After a few weeks, they both were in the school lounge one day, and she asked McMurray, “What makes you so happy?”
“I don’t know, man. Just happy, you know,” he responded gleefully. “I’m just a happy guy.” Unsatisfied with his response, Joanna probed further, asking for a more concrete answer, which produced no response.
So she told McMurray the source of her joy and happiness came from God and that she was a Christian.
“I think he was intrigued by that,” Joanna remembers. “Well, part of him was intrigued, and the other part of him was turned off. He actually wanted not to have that much to do with me after he found out that I was a Christian.”
“I think he thought I would ruin his fun,” Joanna said. She was right.
“I was ready to leave, man. I was like, ‘Oh no,’” McMurray said. “She’s gonna ask me to give up my women, forget it.”
But he didn’t leave.
In fact, he started asking Joanna more questions about God, and from time to time, McMurray accompanied her to church. By the time his study abroad experience ended, he returned to the University a changed man.
Continuing down the faithful road
Not everything changed about McMurray when he turned his life over to the Lord. While he was still outgoing and made himself known to everyone he met, his affection toward people intensified. He stopped cursing around people and started sharing the Gospel with them instead.
One of the first people with whom McMurray shared his new-found faith was Sandy Weller, one of his childhood friends from Chicago. He would call and tell her about his church involvement on campus, his Braille Bibles and the spiritual transformation he experienced in France.
This God-praising, testifying McMurray on the other side of the phone caught her off guard.
“He was living such a different kind of life,” she said. “He just never talked about stuff like that (before).” Weller didn’t talk much about God and faith, either. But eventually she turned her life over to God and credits McMurray for helping her to do so.
After graduating from the University in 1975, McMurray headed off to the University of Texas at Austin where he earned a master’s degree. When he wasn’t in class, he and his other Christian friends would walk the campus evangelizing and sharing the Word with anyone who would listen.

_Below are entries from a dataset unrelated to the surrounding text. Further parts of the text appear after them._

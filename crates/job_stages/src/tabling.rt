//! The gate table, for the observer and the value that a job asks for.

ghost use Rattle.std.specs.Prelude.{◌≡◌, ◌<◌, ◌≤◌, Some, length};
ghost use Rattle.gts_flatten.specs.Flat.{IsFlat};
ghost use Rattle.job_stages.specs.Passing.{IsStageOf, HasForest, IsGateTable};
ghost use Rattle.ar_base.specs.Counts.{limit_of};
ghost use Rattle.ar_base.specs.declared.counts.Count.TheVariants.{Events};
ghost use Rattle.cut_text.specs.ForestPrinted.{edge_count};
ghost use Rattle.job_stages.specs.Stages.{Ready, Tabled};

use crate::stops::Stop;
use ar_base::Text;
use eq_core::Equations;
use gts_core::Gts;
use job_inputs::Wanted;
use mode_trees::Forest;
use std::alloc::Global;
use table_text::event_texts;
use table_text::laws::tables_of_the_source;
use tree_equations::equations;

/// The gate table of a system, and what its events are called.
#[derive(Drop)]
pub struct GateTable {
    /// The gates, with the operands of the conflict and of the observer's value.
    pub equations: Equations,
    /// The canonical paths of the events.
    pub events: Vec<Text>,
}

/// The gate table of the system for an observer and its value, by the trees of its modes.
pub fn table_of(
    alloc: Global,
    system: &Gts,
    forest: &Forest,
    wanted: Wanted,
) -> Result<GateTable, Stop>
    requires observer { wanted.observer < length system.now.observers.items }
    requires forest { edge_count forest.now.trees.items ≤ limit_of Events }
    ensures { (w : Ready) → IsFlat w.source system.now → w.wanted ≡ Some wanted
        → HasForest system.now w forest.now
        → IsStageOf (IsGateTable system.now forest.now) (Tabled w) result }
{
    // The system has a table, and it is that of its source.
    tables_of_the_source();
    let parts = system.parts();
    let equations = equations(alloc, system, forest, wanted.observer, wanted.value)?;
    let events = event_texts(alloc, parts)?;
    Ok(GateTable { equations, events })
}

One of the people with whom he partnered was Tim Martindale, his roommate at the time at the University of Texas. McMurray was the whistling, cheerful guy with the walking cane that everyone knew of, Martindale recalls. And when people forgot who he was, he said he’d use McMurray as a reference.
“If you ever mention that blind guy that walks and sings, you know … that’s my roommate,” Martindale would say.

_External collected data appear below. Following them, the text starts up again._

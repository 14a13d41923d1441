//! The events that a list names.

ghost use Rattle.gts_flatten.specs.Elaborating.{Elaborated};
ghost use Rattle.job_inputs.specs.Flat.{IsOfTree};
ghost use Rattle.job_inputs.specs.NamingInside.{AnswersEvents};

use crate::{event_named, first_piece};
use ar_base::{EventId, Memory};
use gts_core::Gts;
use hierarchy::Tree;
use std::alloc::{AllocFailed, Global};

/// Why a list gives no events.
#[derive(Clone, Copy)]
pub enum ListFault {
    /// One of its parts names no event.
    NoEvent,
    /// Memory was refused.
    Memory,
}

impl From<Memory> for ListFault {
    ghost use Rattle.std.specs.Prelude.{◌≡◌};
    ghost use Rattle.job_inputs.specs.declared.reading.ListFault.TheVariants as fault;

    ghost from_gives = { λ _ e. e ≡ fault.Memory };

    fn from(_memory: Memory) -> Self {
        ListFault::Memory
    }
}

impl<T: Drop> From<AllocFailed<T>> for ListFault {
    ghost use Rattle.std.specs.Prelude.{◌≡◌};
    ghost use Rattle.job_inputs.specs.declared.reading.ListFault.TheVariants as fault;

    ghost from_gives = { λ _ e. e ≡ fault.Memory };

    fn from(_failed: AllocFailed<T>) -> Self {
        ListFault::Memory
    }
}

/// The events that the parts of the text between its commas name, in order: each part is a path from the main block, which may
/// pass through aliases and may name a hidden event. NoEvent exactly where one of the parts names no event.
pub fn read_events(
    alloc: Global,
    tree: &Tree,
    gts: &Gts,
    text: &[u8],
) -> Result<Vec<EventId>, ListFault>
    requires { (x : Elaborated) × IsOfTree x tree.now gts.now }
    ensures { (x : Elaborated) → IsOfTree x tree.now gts.now
        → AnswersEvents x gts.now text.now result }
{
    let mut events = Vec::new(alloc);
    let mut rest = Some(text);
    while let Some(bytes) = rest {
        let (part, behind) = first_piece(bytes, b',');
        let Some(event) = event_named(alloc, tree, gts, part)? else {
            return Err(ListFault::NoEvent);
        };
        events.push(event)?;
        rest = behind;
    }
    Ok(events)
}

“Oh, now I know who you are,” the person would reply. “So I was sort of known by him,” Martindale added.
McMurray has been working at DRES since 1994. When he’s not helping blind students secure Braille textbooks or making sure deaf students have translators for class, he’s chairing University committees that deal with special-needs issues or guest-lecturing in classes about disability issues. And every Sunday he and his family worship at Covenant Fellowship Church.
Looking back on that day he asked Nugent to join the study-abroad group in France, McMurray can’t help but think that God had a hand in it some way or another.
“Mr. Nugent didn’t know he was sending me to France to find the Lord.” McMurray said. “That’s the last thing he would have done. He just thought he was promoting this program to send people with disabilities to France.”